→ **Stored records**
::::
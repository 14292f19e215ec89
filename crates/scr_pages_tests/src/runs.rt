//! Whole runs over sources and sinks in memory.

ghost use Rattle.std.specs.Prelude.{◌<◌};

use scr_outside::{MemSink, MemSource};
use scr_pages::{Pages, run_on_words};
use std::alloc::Global;
use std::test::Fail;

mod forms;
mod printed;
mod refusals;

/// What a run gave: its exit code, what it wrote, and what it told.
pub(crate) struct Ran {
    pub code: u8,
    pub out: MemSink,
    pub err: MemSink,
}

// By hand, so that the proof of whoever lets one go meets one call, and not the letting go of each of its parts.
impl Drop for Ran {
    fn drop(self) {
        let Ran {
            code: _,
            out: _,
            err: _,
        } = self;
    }
}

/// Runs on these words and this sheet, in pieces of at most a thousand bytes, where these reads and these writes fail.
pub(crate) fn run_with(
    alloc: Global,
    words: &[&str],
    sheet: &str,
    reads: &[u32],
    writes: &[u32],
) -> Result<Ran, Fail> {
    let bytes = sheet.as_bytes().to_vec(alloc)?;
    let mut source = MemSource::new(bytes, 1000, reads.to_vec(alloc)?);
    let mut out = MemSink::new(alloc, 4_000_000, 1000, writes.to_vec(alloc)?)?;
    let mut err = MemSink::new(alloc, 256, 256, Vec::new(alloc))?;
    let code = run_on_words(&Pages, alloc, Ok(words), &mut source, &mut out, &mut err);
    Ok(Ran { code, out, err })
}

/// A sheet in which the first of these texts stands in place of another; nothing where that isn't there.
pub(crate) fn with_text(alloc: Global, sheet: &str, old: &str, new: &str) -> Result<String, Fail> {
    let mut changed = String::new(alloc);
    if let Some((front, behind)) = sheet.split_once(old) {
        changed.push_str(front)?;
        changed.push_str(new)?;
        changed.push_str(behind)?;
    }
    Ok(changed)
}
::::
Find how many lines contain "MemSource" in the data. Write that number and nothing else.

2